BRIEF DESCRIPTION OF THE DRAWINGS FIG. 1 is a block diagram showing a microcomputer of the present invention. FIG. 2 is a time chart showing the operation of FIG. FIG. 3 is a block diagram showing a conventional microcomputer. FIG. 4 is a time chart showing how a state switching signal changes when a PROM writer is used. FIG. 5 is a time chart showing how various signals change when a PROM writer is used. FIG. 6 is a time chart showing how a state switching signal changes when an internal rewrite is performed. [Description of References] (1) Flash memory (2) Page buffer (3) Flag circuit (4) Latch circuit (5) Register (7) OR gate

Claims (1)

(57) [Claim 1] A non-volatile memory capable of electrically erasing and rewriting data in a fixed storage capacity unit of an entire storage area, and an operation permission signal for controlling the operation of the non-volatile memory An identification circuit for identifying a state of a write enable signal and a read enable signal, and generating a state switching signal for setting a storage cell of the nonvolatile memory to a write enable state or a write inhibit state at a fixed period; and A buffer circuit having the same number of addresses as the fixed storage capacity area, and storing rewrite data of the nonvolatile memory, and having a one-to-one correspondence with the address of the buffer circuit and corresponding to the rewrite data storage address of the buffer circuit.

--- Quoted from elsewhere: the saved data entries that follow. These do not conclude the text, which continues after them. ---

//! Encoders and decoders of numbers, with their error. An encoder appends to a [`Write`]; a decoder reads
//! from the start of a slice of bytes.

ghost use Rattle.std.specs.Prelude.{OnOk, IfErr};
ghost use Rattle.std.specs.Io.KnownBytes.{Appends};
ghost use Rattle.std.specs.Int.{w32, w64};
ghost use Rattle.byteorder.specs.Endian.{big_bytes, little_bytes};
ghost use Rattle.raft_codec.specs.Errors.{IsIo};
ghost use Rattle.raft_codec.specs.Fixed.{u64_desc_bytes, i64_bytes, i64_desc_bytes, signed_le_bytes};
ghost use Rattle.raft_codec.specs.Varint.{varint};
ghost use Rattle.raft_codec.specs.Zigzag.{zigzag};

pub mod fixed;
pub mod varint;
pub mod zigzag;

use crate::codec::fixed::SIGN_BIT;
pub use crate::codec::fixed::{
    decode_i32_le, decode_i64, decode_i64_desc, decode_i64_le, decode_u16, decode_u16_le,
    decode_u32, decode_u32_le, decode_u64, decode_u64_desc, decode_u64_le, read_u8,
};
pub use crate::codec::varint::{
    append_var_u64, decode_var_u64, parse_short_var_u64, parse_var_u64,
};
pub use crate::codec::zigzag::decode_var_i64;
use byteorder::{BigEndian, LittleEndian, WriteBytesExt};
use std::io;
use std::io::{ErrorKind, Write};
use thiserror::Error;

/// Bytes to decode: a decoder reads from the start of the slice and then moves the slice past what it read.
pub type BytesSlice<'a> = &'a [u8];

/// The reason why a number was not read or written. Decoders and encoders return [`Error::Io`] alone.
#[derive(Debug, Drop, Error)]
pub enum Error {
    /// The writer failed, or the bytes begin with no number: `UnexpectedEof` where they end within one,
    /// `InvalidData` where one in base 128 is too long or too large.
    #[error("{0}")]
    Io(io::Error),
    /// A key of the wrong length. No call here returns it: it is for layers above.
    #[error("bad format key(length)")]
    KeyLength,
    /// A key with the wrong padding. No call here returns it: it is for layers above.
    #[error("bad format key(padding)")]
    KeyPadding,
    /// A key that isn't there. No call here returns it: it is for layers above.
    #[error("key not found")]
    KeyNotFound,
}

impl From<io::Error> for Error {
    ghost use Rattle.std.specs.Prelude.{◌≡◌};
    ghost use Rattle.raft_codec.specs.declared.codec.Error.TheVariants.{Io};

    ghost from_gives = { λ e r. r ≡ Io e };

    /// Wraps `e` in `Io`, so that `?` hands on the error of a writer.
    fn from(e: io::Error) -> Error {
        Error::Io(e)
    }
}

impl Error {
    ghost use Rattle.std.specs.declared.io.ErrorKind.TheVariants.{UnexpectedEof};
    ghost use Rattle.raft_codec.specs.Errors.{IsIoOf};

    /// Returns the error for bytes that end before their number does: `Io` of the kind `UnexpectedEof`.
    pub fn unexpected_eof() -> Error
        ensures { IsIoOf result UnexpectedEof }
    {
        Error::Io(io::Error::new(ErrorKind::UnexpectedEof, "eof"))
    }
}

/// The result of an encoder or a decoder.
pub type Result<T> = std::result::Result<T, Error>;

/// Appends encoded numbers to any [`Write`]. The only error is the writer's, as [`Error::Io`]. The writer may
/// have taken some of the number's bytes by then.
pub trait NumberEncoder: Write {
    /// Writes `v` in eight bytes, big-endian, so that the encoded bytes sort as the numbers do.
    ///
    /// # Errors
    ///
    /// `Io` if the writer fails. It may have taken a part of the bytes then.
    final fn encode_u64(&mut self, v: u64) -> Result<()>
    where
        Self: Sized,
        ensures written { OnOk result (Appends (Self.contents self.old) (Self.contents self.new)
            (big_bytes 8 v)) }
        ensures io { IfErr result IsIo }
    {
        self.write_u64::<BigEndian>(v)?;
        Ok(())
    }

    /// Writes `v` in four bytes, big-endian, so that the encoded bytes sort as the numbers do.
    ///
    /// # Errors
    ///
    /// `Io` if the writer fails. It may have taken a part of the bytes then.
    final fn encode_u32(&mut self, v: u32) -> Result<()>
    where
        Self: Sized,
        ensures written { OnOk result (Appends (Self.contents self.old) (Self.contents self.new)
            (big_bytes 4 v)) }
        ensures io { IfErr result IsIo }
    {
        self.write_u32::<BigEndian>(v)?;
        Ok(())
    }

    /// Writes `v` in two bytes, big-endian, so that the encoded bytes sort as the numbers do.
    ///
    /// # Errors
    ///
    /// `Io` if the writer fails. It may have taken a part of the bytes then.
    final fn encode_u16(&mut self, v: u16) -> Result<()>
    where
        Self: Sized,
        ensures written { OnOk result (Appends (Self.contents self.old) (Self.contents self.new)
            (big_bytes 2 v)) }
        ensures io { IfErr result IsIo }
    {
        self.write_u16::<BigEndian>(v)?;
        Ok(())
    }

    /// Writes the complement `!v` in eight bytes, big-endian, so that the encoded bytes sort in descending
    /// order of the numbers.
    ///
    /// # Errors
    ///
    /// `Io` if the writer fails. It may have taken a part of the bytes then.
    final fn encode_u64_desc(&mut self, v: u64) -> Result<()>
    where
        Self: Sized,
        ensures written { OnOk result (Appends (Self.contents self.old) (Self.contents self.new)
            (u64_desc_bytes v)) }
        ensures io { IfErr result IsIo }
    {
        self.write_u64::<BigEndian>(!v)?;
        Ok(())
    }

    /// Writes `v` in two's complement with the sign bit flipped, in eight bytes, big-endian. So the encoded
    /// bytes sort as the numbers do, negative ones first.
    ///
    /// # Errors
    ///
    /// `Io` if the writer fails. It may have taken a part of the bytes then.
    final fn encode_i64(&mut self, v: i64) -> Result<()>
    where
        Self: Sized,
        ensures written { OnOk result (Appends (Self.contents self.old) (Self.contents self.new)
            (i64_bytes v)) }
        ensures io { IfErr result IsIo }
    {
        self.write_u64::<BigEndian>(v.cast_unsigned() ^ SIGN_BIT)?;
        Ok(())
    }

    /// Writes the complement of the bytes of [`NumberEncoder::encode_i64`], so that the encoded bytes sort in
    /// descending order of the numbers.
    ///
    /// # Errors
    ///
    /// `Io` if the writer fails. It may have taken a part of the bytes then.
    final fn encode_i64_desc(&mut self, v: i64) -> Result<()>
    where
        Self: Sized,
        ensures written { OnOk result (Appends (Self.contents self.old) (Self.contents self.new)
            (i64_desc_bytes v)) }
        ensures io { IfErr result IsIo }
    {
        self.write_u64::<BigEndian>(!(v.cast_unsigned() ^ SIGN_BIT))?;
        Ok(())
    }

    /// Writes `v` in two bytes, little-endian.
    ///
    /// # Errors
    ///
    /// `Io` if the writer fails. It may have taken a part of the bytes then.
    final fn encode_u16_le(&mut self, v: u16) -> Result<()>
    where
        Self: Sized,
        ensures written { OnOk result (Appends (Self.contents self.old) (Self.contents self.new)
            (little_bytes 2 v)) }
        ensures io { IfErr result IsIo }
    {
        self.write_u16::<LittleEndian>(v)?;
        Ok(())
    }

    /// Writes `v` in four bytes, little-endian.
    ///
    /// # Errors
    ///
    /// `Io` if the writer fails. It may have taken a part of the bytes then.
    final fn encode_u32_le(&mut self, v: u32) -> Result<()>
    where
        Self: Sized,
        ensures written { OnOk result (Appends (Self.contents self.old) (Self.contents self.new)
            (little_bytes 4 v)) }
        ensures io { IfErr result IsIo }
    {
        self.write_u32::<LittleEndian>(v)?;
        Ok(())
    }

    /// Writes `v` in eight bytes, little-endian.
    ///
    /// # Errors
    ///
    /// `Io` if the writer fails. It may have taken a part of the bytes then.
    final fn encode_u64_le(&mut self, v: u64) -> Result<()>
    where
        Self: Sized,
        ensures written { OnOk result (Appends (Self.contents self.old) (Self.contents self.new)
            (little_bytes 8 v)) }
        ensures io { IfErr result IsIo }
    {
        self.write_u64::<LittleEndian>(v)?;
        Ok(())
    }

    /// Writes `v` in two's complement in four bytes, little-endian.
    ///
    /// # Errors
    ///
    /// `Io` if the writer fails. It may have taken a part of the bytes then.
    final fn encode_i32_le(&mut self, v: i32) -> Result<()>
    where
        Self: Sized,
        ensures written { OnOk result
            (Appends (Self.contents self.old) (Self.contents self.new) (signed_le_bytes w32 v)) }
        ensures io { IfErr result IsIo }
    {
        self.write_i32::<LittleEndian>(v)?;
        Ok(())
    }

    /// Writes `v` in two's complement in eight bytes, little-endian.
    ///
    /// # Errors
    ///
    /// `Io` if the writer fails. It may have taken a part of the bytes then.
    final fn encode_i64_le(&mut self, v: i64) -> Result<()>
    where
        Self: Sized,
        ensures written { OnOk result
            (Appends (Self.contents self.old) (Self.contents self.new) (signed_le_bytes w64 v)) }
        ensures io { IfErr result IsIo }
    {
        self.write_i64::<LittleEndian>(v)?;
        Ok(())
    }

    /// Writes `v` in base 128 (a varint, as in protobuf), in its shortest form of one to ten bytes: 300 is
    /// `ac 02`.
    ///
    /// # Errors
    ///
    /// `Io` if the writer fails. It may have taken a part of the bytes then.
    final fn encode_var_u64(&mut self, v: u64) -> Result<()>
    where
        Self: Sized,
        ensures written { OnOk result (Appends (Self.contents self.old) (Self.contents self.new)
            (varint v)) }
        ensures io { IfErr result IsIo }
    {
        // Most numbers are this short, and one byte is quickly written.
        if v < 0x80 && varint::write_byte(self, v as u8)? {
            return Ok(());
        }
        let mut bytes = [0; varint::MAX_VAR_U64_LEN];
        let len = varint::put_var_u64(&mut bytes, v);
        self.write_all(&bytes[..len])?;
        Ok(())
    }

    /// Writes `v` as the varint of its zigzag code, which is small if `v` is near 0: `2v` if `v` is at least
    /// 0, and `-2v - 1` if it is negative. This is protobuf's `sint64`.
    ///
    /// # Errors
    ///
    /// `Io` if the writer fails. It may have taken a part of the bytes then.
    final fn encode_var_i64(&mut self, v: i64) -> Result<()>
    where
        Self: Sized,
        ensures written { OnOk result (Appends (Self.contents self.old) (Self.contents self.new)
            (varint (zigzag v))) }
        ensures io { IfErr result IsIo }
    {
        self.encode_var_u64(zigzag::to_zigzag(v))
    }
}

impl<W: Write> NumberEncoder for W {}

A flag that is set only at the position where the data is to be transferred, and transfers the value of the fixed storage capacity area of the nonvolatile memory to the buffer circuit. A flag circuit that prohibits a transfer operation only at a corresponding address of the buffer circuit in which the flag is set and is reset by the state switching signal, wherein the value of the fixed storage capacity area of the nonvolatile memory is A microcomputer comprising a prohibition circuit for prohibiting resetting of the flag circuit until the value of the buffer circuit is transferred to the buffer circuit and is written to a fixed storage area of the nonvolatile memory.